Why does TechCrunch decide to join the chorus of insinuations about the sexual habits of Wikileaks' Julian Assange?
Tony Curzon Price
Tony Curzon Price
7 September 2010

There are very serious questions raised by Wikileaks' release of the Afghanistan papers. The greatest is whether Wikileaks' treatment of the information has endangered individuals in Afghanistan. If it has, and if Julian Assange, the peripatetic face of Wikileaks has been irresponsible with this sort of information, he needs to be brought to task for it. Zittrain is, as usual, cool and reasonable on what questions the leak raises.

But none of the questions around Wikileaks' treatment of the information, it seems to me, is much illuminated by the question – in itself also possibly important – of Assange's treatment of any women.

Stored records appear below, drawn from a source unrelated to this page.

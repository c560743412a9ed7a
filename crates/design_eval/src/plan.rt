//! What is known of a design before it is run.

ghost use Rattle.std.specs.Prelude.{IfOk};
ghost use Rattle.design_eval.specs.Plans.{IsPlan};

use crate::readers::{Readers, readers_of};
use crate::smalls::{Quick, quick_turns};
use crate::turns::{Turn, turns_of};
use crate::wiring::{Wiring, wiring_of};
use design_netlist::Netlist;
use std::alloc::{AllocError, Global};

/// What is known of a design before it is run.
#[derive(Drop)]
pub struct Plan {
    /// The signals that are written and read at each vector.
    pub wiring: Wiring,
    /// The covers, each after those that it reads.
    pub turns: Vec<Turn>,
    /// The covers that read each signal.
    pub readers: Readers,
    /// What the evaluations of covers read, in their turns.
    pub quicks: Vec<Quick>,
}

/// What is known of a design.
pub fn plan_of(alloc: Global, netlist: &Netlist) -> Result<Plan, AllocError>
    ensures { IfOk result (IsPlan netlist.now) }
{
    let draft = netlist.parts();
    let covers = draft.covers.as_slice();
    let wiring = wiring_of(alloc, draft)?;
    let turns = turns_of(alloc, covers, netlist.order())?;
    let readers = readers_of(alloc, covers, &turns, &wiring.reads, draft.names.len())?;
    let quicks = quick_turns(alloc, covers, &turns)?;
    Ok(Plan {
        wiring,
        turns,
        readers,
        quicks,
    })
}
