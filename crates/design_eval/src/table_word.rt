//! The truths of a cover in all lanes at once, by its table.

ghost use Rattle.std.specs.Prelude.{◌≡◌, ◌+◌, ◌*◌, ◌<◌, ◌≤◌, ℕ, true, false, length, take, slice_index_or};
ghost use Rattle.design_netlist.specs.Vocabulary.{number_at, bit_at, is_bit, lane_bits};
ghost use Rattle.design_eval.specs.Bits.{AreBelow};
ghost use Rattle.design_eval.specs.Lanes.{chosen, addresses};
ghost use Rattle.design_eval.specs.Tables.{address};

use crate::tables::Table;

/// How many addresses so many inputs have.
const SIZES: [usize; 7] = [1, 2, 4, 8, 16, 32, 64];

// How many addresses so many inputs have.
fn size_of(count: usize) -> usize
    requires { count ≤ 6 }
    ensures { result ≡ addresses count }
{
    SIZES[count]
}

// In each lane the bit of one word or, where the choice is 1, of the other.
fn choose(choice: u64, zero: u64, one: u64) -> u64
    ensures { (j : ℕ) → j < 64 → is_bit result j ≡ chosen choice zero one j }
{
    (zero & !choice) | (one & choice)
}

// Keeps of each two parts beside each other the one that is chosen, lane by lane.
fn halve(parts: &mut [u64; 64], choice: u64, half: usize)
    requires { half ≤ 32 }
    ensures { (a j : ℕ) → a < half → j < 64
        → is_bit (number_at parts.new a) j ≡ chosen choice (number_at parts.old (2 * a)) (number_at parts.old (2 * a + 1)) j }
{
    'parts: for a in 0..half {
        parts[a] = choose(choice, parts[2 * a], parts[2 * a + 1]);
    }
}

// A word with the bit in all lanes.
fn whole_word(bit: bool) -> u64
    ensures { (j : ℕ) → j < 64 → is_bit result j ≡ bit }
{
    if bit { u64::MAX } else { 0 }
}

// Gives each part its cell, in all lanes.
fn put_cells(parts: &mut [u64; 64], cells: &[bool; 64], size: usize)
    requires { size ≤ 64 }
    ensures { (a j : ℕ) → a < size → j < 64 → is_bit (number_at parts.new a) j ≡ slice_index_or cells.now a false }
{
    'cells: for a in 0..size {
        parts[a] = whole_word(cells[a]);
    }
}

/// In each lane the cell at the address of the first `count` wires. `parts` is room to work in.
pub fn table_word(table: &Table, count: usize, words: &[u64], parts: &mut [u64; 64]) -> u64
    requires count { count ≤ 6 }
    requires wires { length table.now.wires ≡ 6 }
    requires within { AreBelow (length words.now) table.now.wires }
    ensures { (j : ℕ) → j < 64 → let given = bit_at (lane_bits words.now j) in
        is_bit result j ≡ slice_index_or table.now.cells (address given (take count table.now.wires)) false }
{
    let mut size = size_of(count);
    put_cells(parts, &table.cells, size);
    'inputs: for k in 0..count {
        size /= 2;
        halve(parts, words[table.wires[k] as usize], size);
    }
    parts[0]
}

/// How many wires stand before the first that is a cover's output.
pub fn inputs_of(wires: &[u32; 6], out: u32) -> usize
    ensures few { result ≤ 6 }
    ensures others { (k : ℕ) → k < result → number_at wires.now k ≡ out → ⊥ }
{
    'wires: for k in 0..6 {
        if wires[k] == out {
            return k;
        }
    }
    6
}

/// Whether all wires from one on are the cover's output.
pub fn are_out(wires: &[u32; 6], from: usize, out: u32) -> bool
    ensures { result ≡ true → (k : ℕ) → from ≤ k → k < 6 → number_at wires.now k ≡ out }
{
    'wires: for k in from..6 {
        if wires[k] != out {
            return false;
        }
    }
    true
}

Is there a slur campaign? Who knows. But even if one was not started to discredit the man, there is certainly a rather odd bandwagon of slurring. Why, for example, does Techcrunch think it needs to comment on the matter. TechCrunch is a successful technology blog. It keeps me up-to-date with what's interesitng in the (mostly) Silicon Valley world of software start-ups. It has a refreshingly young gonzo style that makes me all nostalgic for the Internet bubble of the turn of the century.

The insinuating piece about Assaange, however, was not about technology and had no art to it at all. It relates sexual mores - the accusations are certainly reprehensible if true - to a judgement about Wikileak's handling of the Afghan material. The central argument seems to be that:

... delicate diplomancy and skirting the choppy waters of international issues which involve thousands of lives – like releasing highly sensitive government information about the Iraq war – is not the kind of thing you want someone who is careless about their personal life to take charge of.

When TechCrunch reports stories about the mores of one of their poster boys, Mark Zuckerberg, founder of Facebook, there is plenty of giggling, but no implication that the software suffers from his dating habits.

So why the link here? And what possessed an influential Technology blog to wade in like that? When they report on software, they know that it's about what the code does, and only peripherally about who does it. Without knowing whether what Assange has done as Wikileaks is good or not, I think it needs answering in terms of its influence on political and military events, and not with reference to what he may or may not have done as a casual sex partner.